While Gauthier’s research suggests that the FFA’s function may extend beyond faces to include familiar complex objects, Kanwisher has maintained that the FFA is specifically tuned for face recognition and the Greeble studies are flawed because these are face-like stimuli that are learned with names. To better address this issue Gauthier has examined the brain activity when bird and car experts view images of birds and cars. These studies also find activity in the FFA which supports experience-dependent plasticity.
Face Superiority Effect
The face superiority effect illustrates that we are more adept at recognizing and processing intact faces compared to scrambled or rearranged facial features. This phenomenon underscores the holistic and specialized processing involved in face perception, wherein the brain integrates facial features into a coherent whole.
Disorders of Face Recognition
Disorders such as prosopagnosia (face blindness) and Capgras delusion provide insights into the neurological underpinnings of face perception. Individuals with prosopagnosia exhibit difficulty in recognizing familiar faces, often due to damage to the FFA. In contrast, Capgras delusion involves a belief that familiar individuals are impostors, highlighting the intricate relationship between facial recognition and emotional processing. With prosopagnosia a person cannot consciously recognize a face but may nonetheless have an emotional reaction when pleasured with galvanic skin conductance. However with the Capgras delusion a person can consciously recognize a face as looking like a specific individual yet the emotional reaction is missing. Together these conditions suggest that there is a double dissociation between conscious face recognition and emotional face recognition.

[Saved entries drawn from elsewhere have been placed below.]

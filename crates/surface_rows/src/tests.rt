use super::*;
use species::Names;
use std::test::Fail;
use surf_kinds::SpeciesId;
use surf_outside::MemSink;

#[test]
fn rows_are_lines_of_names(rt: HostRuntime) -> Result<(), Fail> {
    let mut names = Names::new(rt.alloc());
    let a = names.intern("A")?;
    let wire = names.intern("W0")?;
    let mut sink = MemSink::new(rt.alloc(), 100, 5, &[])?;
    write_rows(&mut sink, &names, 2, 3, &[a, wire, a, wire, wire, a])?;
    assert_eq!(rt; sink.bytes(), b"A W0 A\nW0 W0 A\n".as_slice());
    Ok(())
}
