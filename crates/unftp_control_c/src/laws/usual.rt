//! Laws of the usual replies, and of those of a login.
ghost use Rattle.std.specs.Prelude.{◌≡◌, ◌≢◌, ◌≤◌, ℕ, Ok, Err};
ghost use Rattle.unftp_control_defs.specs.Bytes.{Bytes};
ghost use Rattle.unftp_control_defs.specs.Events.{FtpEvent};
ghost use Rattle.unftp_control_defs.specs.FtpReply.{IsReadable, encoded};
ghost use Rattle.unftp_control_commands.specs.UsualReplies.{usual_reply};
ghost use Rattle.unftp_control_login.specs.Gate.{decision_at, password_in};
ghost use Rattle.unftp_control_login.specs.Login.{Accounts};
ghost use Rattle.unftp_control_login.specs.declared.stage.LoginStep.{LoginStep};
ghost use Rattle.unftp_control_c.specs.Areas.{written};
ghost use Rattle.unftp_control_c.specs.Logins.{step_number};
ghost use Rattle.unftp_control_c.specs.Next.{given_for};
ghost use Rattle.unftp_control_c.specs.NumberedReplies.{login_bytes, own_reply, step_of, step_reply, usual_bytes};
ghost use Rattle.unftp_control_c.specs.declared.status.Status.{Status};
ghost use Rattle.unftp_control_c.specs.declared.status.Status.TheVariants.{InvalidArgument};

/// Each event has its usual reply, and no other number has one.
pub fn usual_replies_are_of_events()
    // The number and the value that `unftp_next` gives for an event have the usual reply to it.
    ensures events { (event : FtpEvent)
        → usual_bytes (given_for event).number (given_for event).value
        ≡ Ok (encoded (usual_reply event)) }
    // A number that is neither from 1 to 44 nor from 102 to 106 is an invalid argument.
    ensures numbers { (number : ℕ) (value : Bytes) → ¬ ((1 ≤ number) × (number ≤ 44))
        → ¬ ((102 ≤ number) × (number ≤ 106)) → usual_bytes number value ≡ Err InvalidArgument }
    // Where there is no reply, the number is an invalid argument and that of no event.
    ensures no_event { (number : ℕ) (value : Bytes) (status : Status)
        → usual_bytes number value ≡ Err status → (status ≡ InvalidArgument)
        × ((event : FtpEvent) → (given_for event).number ≢ number) }
    // A client reads each usual reply back as it is.
    ensures readable { (event : FtpEvent) → IsReadable (usual_reply event) }
    // What is written has at most 64 bytes.
    ensures room { (number : ℕ) (value out : Bytes)
        → (written (usual_bytes number value) out).text_length ≤ 64 }
{}

/// The replies of a login are those of the gate in Rattle to the same events.
pub fn login_replies_are_of_the_gate()
    // The reply at a step is the one in the gate's decision there. An event that is passed on has
    // none.
    ensures decided { (step : LoginStep) (accepts : Accounts) (name : Bytes) (event : FtpEvent)
        → step_reply step (accepts name (password_in event))
        ≡ own_reply (decision_at step accepts name event) }
    // The number of a step is read as that step.
    ensures steps { (step : LoginStep) → step_of (step_number step) ≡ step }
    // What is written has at most 64 bytes.
    ensures room { (step accepted : ℕ) (out : Bytes)
        → (written (login_bytes step accepted) out).text_length ≤ 64 }
{}
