//! Patterns of psql's kind: which schemas and names they hit.
//!
//! They are those of <https://www.postgresql.org/docs/16/app-psql.html#APP-PSQL-PATTERNS>, as `pg_dump -n` and `-t` take
//! them, without their regular expressions: outside quotes `*` stands for any characters, `?` for one, a letter for
//! itself made small, and a dot separates the schema from the name.
#![tactic(auto)]

mod atom;
mod fault;
mod hits;
pub mod laws;
mod marks;
mod pattern;
mod reading;

pub use atom::{Atom, Part};
pub use fault::{PatternFault, PatternReadError};
pub use hits::pattern_hits;
pub use pattern::Pattern;
pub use reading::{pattern_fault, pattern_read};
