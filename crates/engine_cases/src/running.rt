//! Cases of scripts that the engine carries out.
ghost use Rattle.std.specs.Prelude.{◌≡◌, None};
ghost use Rattle.table_rows.specs.Values.{values_fault};

use crate::written::put_written;
use cat_engine::{Engine, prepare};
use cat_load::{LoadError, LoadFault, load};
use cat_model::Stmt;
use cat_names::DataSet;
use cat_rows::{AuthidRow, Catalogue};
use copy_text::Name;
use ddl_read::{Located, ReadStmtsError, read_stmts};
use eng_map::NamedMap;
use eng_steps::ApplyError;
use refusals::write_cause;
use std::alloc::{AllocError, Global};
use table_cases::{Base, formed};
use table_rows::{CheckValuesError, check_values};
use well_formed::WellFormed;

/// What a case of a script shows.
#[derive(Clone, Copy)]
pub enum Shown {
    /// What each statement answers, and the keys that are there then, once all was written to a folder and read again.
    Keys,
    /// The keys with their values that are there then, once all was written to a folder and read again.
    Values,
}

fn boot_of(roles: &[AuthidRow]) -> Result<Option<Name>, AllocError> {
    match roles.iter().find(|role| role.oid == 10) {
        Some(role) => Ok(Some(role.rolname.clone()?)),
        None => Ok(None),
    }
}

fn put_load_fault(alloc: Global, fault: &LoadFault, out: &mut Vec<u8>) -> Result<(), AllocError> {
    out.extend_from_slice(format!(in alloc; "table {}: ", fault.table)?.as_bytes())?;
    write_cause(&fault.cause, out)
}

fn put_load_error(alloc: Global, error: &LoadError, out: &mut Vec<u8>) -> Result<(), AllocError> {
    match error {
        LoadError::Fault(fault) => put_load_fault(alloc, fault, out),
        LoadError::Memory => Err(AllocError),
    }
}

// Tells why there is no map.
fn no_map(
    alloc: Global,
    error: LoadError,
    out: &mut Vec<u8>,
) -> Result<Option<NamedMap>, AllocError> {
    let put = put_load_error(alloc, &error, out);
    drop(error);
    put?;
    Ok(None)
}

// The map of the catalogue. Where the rows of a table don't meet it there is none, and that is told.
fn taken_in(
    alloc: Global,
    cat: &WellFormed,
    rows: &DataSet,
    out: &mut Vec<u8>,
) -> Result<Option<NamedMap>, AllocError>
    requires { values_fault cat.now rows.now ≡ None }
{
    match load(alloc, cat, rows) {
        Ok(named) => Ok(Some(named)),
        Err(error) => no_map(alloc, error, out),
    }
}

fn loaded(
    alloc: Global,
    cat: &WellFormed,
    rows: &DataSet,
    boot: Name,
    out: &mut Vec<u8>,
) -> Result<Option<Engine>, CheckValuesError> {
    check_values(alloc, cat.rows(), rows)?;
    match taken_in(alloc, cat, rows, out)? {
        Some(named) => Ok(Some(Engine::new(alloc, named, boot))),
        None => Ok(None),
    }
}

fn put_error(error: &ApplyError, out: &mut Vec<u8>) -> Result<(), AllocError> {
    match error {
        ApplyError::Refused(cause) => write_cause(cause, out),
        ApplyError::Memory => Err(AllocError),
    }
}

fn put_answer(answer: Result<(), ApplyError>, out: &mut Vec<u8>) -> Result<(), AllocError> {
    match answer {
        Ok(()) => out.extend_from_slice(b"ok"),
        Err(error) => {
            let put = put_error(&error, out);
            drop(error);
            put
        }
    }
}

// Carries a COPY out whose rows are read ahead, where they read.
fn copied(alloc: Global, engine: &mut Engine, stmt: &Stmt, text: &[u8]) -> Result<(), ApplyError> {
    match prepare(alloc, text) {
        Ok(prepared) => engine.apply_prepared(stmt, prepared),
        Err(_) => engine.apply(stmt),
    }
}

fn carried_out(alloc: Global, engine: &mut Engine, stmt: &Stmt) -> Result<(), ApplyError> {
    match stmt {
        Stmt::CopyRows { rows, .. } => copied(alloc, engine, stmt, rows.as_slice()),
        _ => engine.apply(stmt),
    }
}

// Carries the statements out, and tells what each answers.
fn put_outcomes(
    alloc: Global,
    engine: &mut Engine,
    statements: &[Located],
    out: &mut Vec<u8>,
) -> Result<(), AllocError> {
    for (i, located) in statements.iter().enumerate() {
        if i > 0 {
            out.extend_from_slice(b" / ")?;
        }
        put_answer(carried_out(alloc, engine, &located.stmt), out)?;
    }
    Ok(())
}

fn put_run(
    alloc: Global,
    engine: &mut Engine,
    opening: &Catalogue,
    statements: &[Located],
    shown: Shown,
    out: &mut Vec<u8>,
) -> Result<(), AllocError> {
    let mut outcomes = Vec::new(alloc);
    put_outcomes(alloc, engine, statements, &mut outcomes)?;
    if shown == Shown::Keys {
        out.extend_from_slice(&outcomes)?;
        out.extend_from_slice(b"; keys: ")?;
    }
    put_written(alloc, engine.named(), opening, shown, out)
}

fn with_engine(
    alloc: Global,
    engine: &mut Engine,
    opening: &Catalogue,
    script: &[u8],
    shown: Shown,
    out: &mut Vec<u8>,
) -> Result<(), AllocError> {
    match read_stmts(alloc, script) {
        Ok(statements) => put_run(alloc, engine, opening, &statements, shown, out),
        Err(ReadStmtsError::Fault(_)) => out.extend_from_slice(b"?"),
        Err(ReadStmtsError::Memory) => Err(AllocError),
    }
}

fn on_catalogue(
    alloc: Global,
    base: &Base,
    cat: &WellFormed,
    script: &[u8],
    shown: Shown,
    out: &mut Vec<u8>,
) -> Result<(), AllocError> {
    let rows = base.data(alloc)?;
    let Some(boot) = boot_of(cat.rows().pg_authid.as_slice())? else {
        return out.extend_from_slice(b"?");
    };
    match loaded(alloc, cat, &rows, boot, out) {
        Ok(Some(mut engine)) => with_engine(alloc, &mut engine, cat.rows(), script, shown, out),
        Ok(None) => Ok(()),
        Err(CheckValuesError::Fault(_)) => out.extend_from_slice(b"?"),
        Err(CheckValuesError::Memory) => Err(AllocError),
    }
}

/// Carries the statements of a script out on the base, and shows what that leaves.
pub fn run_script(
    alloc: Global,
    base: &Base,
    script: &[u8],
    shown: Shown,
    out: &mut Vec<u8>,
) -> Result<(), AllocError> {
    match formed(alloc, base, &Base::new(alloc))? {
        Some(cat) => on_catalogue(alloc, base, &cat, script, shown, out),
        None => out.extend_from_slice(b"?"),
    }
}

A double dissociation is a concept used in cognitive neuroscience and neuropsychology to demonstrate that two cognitive functions are independent of each other because they rely on different neural mechanisms. It is established by showing that one brain lesion or condition affects one function while sparing another, and a different lesion or condition has the opposite effect.
Conclusion
The exploration of object and face recognition reveals the complexity and specificity of neural mechanisms underlying these processes. Biederman’s theory of recognition by components emphasizes how we decompose objects into basic shapes, or geons, to achieve recognition, with vertices playing a critical role in this process. The influence of scene context on object recognition adds another layer of complexity, highlighting the interaction between bottom-up and top-down processing.
Similarly, the study of face perception, particularly through research on the fusiform face area (FFA), demonstrates that our brains have specialized areas for processing faces and possibly other complex objects with which we have expertise. Gauthier’s work on experience-dependent plasticity challenges the notion that the FFA is exclusively for faces, showing that it can adapt to recognize other stimuli with sufficient experience. On the other hand, Kanwisher’s position that the FFA is primarily specialized for faces sparks an ongoing debate in the field.
Taken together, these studies highlight the adaptability of the visual system and the brain’s remarkable ability to fine-tune itself based on experience. Disorders like prosopagnosia and Capgras delusion further underscore the complexity of face recognition, demonstrating that conscious recognition and emotional response may rely on distinct neural pathways. The concept of double dissociation, as seen in these conditions, provides a powerful framework for understanding the independent yet interconnected nature of cognitive functions.